Using math to understand how tiny molecules regulate gene expression
July 28, 2021
Existence is difficult, especially in stressful environments. That may seem like a metaphysical statement, but it’s true for all living creatures — even the microscopic ones. Consider the lowly bacterium. Without stress coping mechanisms that humans use like meditation and journaling, bacteria must rely on nature’s original form of stress management: gene regulation.
Gene expression describes the process by which DNA gets transcribed into RNA, and then RNA is subsequently translated into proteins. Gene expression is therefore critical for many activities such as cellular movement and nutrient transportation. All cells are constantly expressing genes, but sometimes the details of that expression may change, which can determine whether or not a cell survives. For example, E. coli produce a certain number of transporter proteins to consume sugar under ordinary circumstances, but in a stressful environment, that amount may be too many or too few. Rather than producing the normal number of transporter proteins, dooming the cell to an unfortunate demise, bacteria can use molecules called small RNAs, or sRNAs, to modulate the number of proteins to survive in its current environment.
sRNAs are a type of RNA that are short, highly structured, and usually not translated into proteins. Instead, they regulate the expression of other genes. They typically do this by preventing messenger RNAs (mRNAs) from being translated into proteins. But sRNAs also regulate some mRNAs more effectively than others, and it’s possible that those differences could play a role in how cells respond to stress efficiently.
In the lab of Jingyi Fei at the University of Chicago, I study how bacteria use those sRNAs to regulate their gene expression. We’re interested in how the underlying kinetics, or the rates at which different regulatory steps (degradation, binding, etc.), dictate the regulatory hierarchy of an sRNA. Understanding how bacteria prioritize sRNA-mediated gene regulation will help us clarify important details about how sRNAs function, which could in turn allow us to use sRNAs to benefit human health.
We study an sRNA called SgrS and three of its known regulatory targets, mRNAs called ptsG, manX and purR. In E. coli, SgrS responds to glucose-phosphate stress, a type of stress characterized by an overaccumulation of phosphorylated sugars within the cell. ptsG, manX and purR are among the many genes involved in transporting sugar phosphates into E. coli.
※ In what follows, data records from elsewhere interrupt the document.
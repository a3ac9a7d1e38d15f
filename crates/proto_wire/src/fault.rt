//! Why bytes are no sequence of fields.

ghost use Rattle.std.specs.Prelude.{◌≡◌};
ghost use Rattle.proto_wire.specs.declared.fault.WireError.TheVariants.{OutOfMemory as NoMemory};

use crate::memory::OutOfMemory;
use std::alloc::{AllocError, AllocFailed};

/// The first fault of some bytes. `at` is the place of the first byte of the first malformed field, from 0.
#[derive(Clone, Copy, Debug, PartialEq, Eq)]
pub enum WireError {
    /// The bytes end inside the field.
    Truncated { at: usize },
    /// The number is 0 or above 2^29 - 1, or the wire type is 6 or 7.
    BadTag { at: usize },
    /// A varint of more than ten bytes, or of 2^64 or more.
    BadVarint { at: usize },
    /// The wire types 3 and 4, which are not supported.
    Group { at: usize },
    /// There was no memory for the fields.
    OutOfMemory,
}

impl From<OutOfMemory> for WireError {
    ghost from_gives = { λ _ e. e ≡ NoMemory };

    fn from(_e: OutOfMemory) -> WireError {
        WireError::OutOfMemory
    }
}

impl From<AllocError> for WireError {
    ghost from_gives = { λ _ e. e ≡ NoMemory };

    fn from(_e: AllocError) -> WireError {
        WireError::OutOfMemory
    }
}

impl<T: Drop> From<AllocFailed<T>> for WireError {
    ghost from_gives = { λ _ e. e ≡ NoMemory };

    fn from(_e: AllocFailed<T>) -> WireError {
        WireError::OutOfMemory
    }
}
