//! The Protocol Buffers wire form: bytes become fields, and fields become bytes. It knows no message:
//! the crates above say what the fields of each message mean.
#![tactic(auto)]

mod bytes;
mod fault;
mod field;
mod find;
pub mod laws;
mod listed;
mod memory;
mod name;
mod read;
mod repeated;
mod utf8;
mod write;

pub use bytes::{Bytes, drop_front};
pub use fault::WireError;
pub use field::{Field, Fields, Value};
pub use find::{contents, joined, last_bytes, last_int, text};
pub use listed::Listed;
pub use memory::OutOfMemory;
pub use name::Name;
pub use read::fields;
pub use repeated::{pack, packed};
pub use utf8::Text;
pub use write::Writer;

#[cfg(test)]
mod tests;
We use mathematical modeling of SgrS-mediated regulation to show how the numbers of sRNAs, mRNAs and proteins change over time according to specific kinetic rates.
Because the reactions involved in the regulatory process occur too fast and with molecules too small to measure directly, we instead computationally determine the most likely values for the kinetic parameters by fitting the model to real data. In a recent study, that data came in the form of microscope images of mRNAs, sRNAs and proteins that showed how the number of each molecule changed over time after we exposed cells to glucose-phosphate stress. By using a technique called Fluorescence In Situ Hybridization (FISH), we were able to specifically visualize how just one of the mRNA targets responded to SgrS. Doing this for ptsG, manX and purR individually, we were able to determine the kinetics of SgrS regulating each mRNA.
We found that the rate at which SgrS was able to find and bind the target mRNA lined up exactly with the known order of the regulation hierarchy. That rate was forty times higher for ptsG, which is known as the highest priority target of SgrS, than it was for purR, a known lower priority target. These results help clarify observations that had previously confounded biochemists, explaining the mechanisms behind the regulation hierarchy.
In addition to what we learned about the kinetic determinants of sRNA-mediated regulation, we also unexpectedly learned something about the timing of the regulation. Throughout the history of the study of sRNAs, they have typically been described as post-transcriptional regulators, meaning that they begin to regulate their target mRNAs only once the mRNAs are fully synthesized. However, when we tried to fit a model with the post-transcriptional regulation assumption to our data, the numbers didn’t work.
Looking for answers, we turned back to the model and asked what could be wrong. We guessed that SgrS wasn’t waiting for its target to be fully synthesized, but instead started regulating it while it was still being transcribed. In other words, we hypothesized that SgrS was a co-transcriptional regulator, not just a post-transcriptional regulator. After experimentally proving that SgrS had the capability to do so, we returned to the computers and found that by building co-transcriptional regulation into the model, we were now able to replicate the data. We later proved that the same model could successfully represent an entirely separate sRNA regulatory network. Therefore, co-transcriptional regulation might be more widely used by sRNAs than previously thought.
Using microscopes, computers and math, we were able to better understand the physical mechanisms of sRNA-mediated gene regulation. This is exciting because the physics likely translate to other systems, such as different sRNA-mRNA combos, or even to cells other than E. coli. We hope that a more basic understanding of the sRNA regulatory process will someday allow translational scientists to use sRNAs to benefit human health.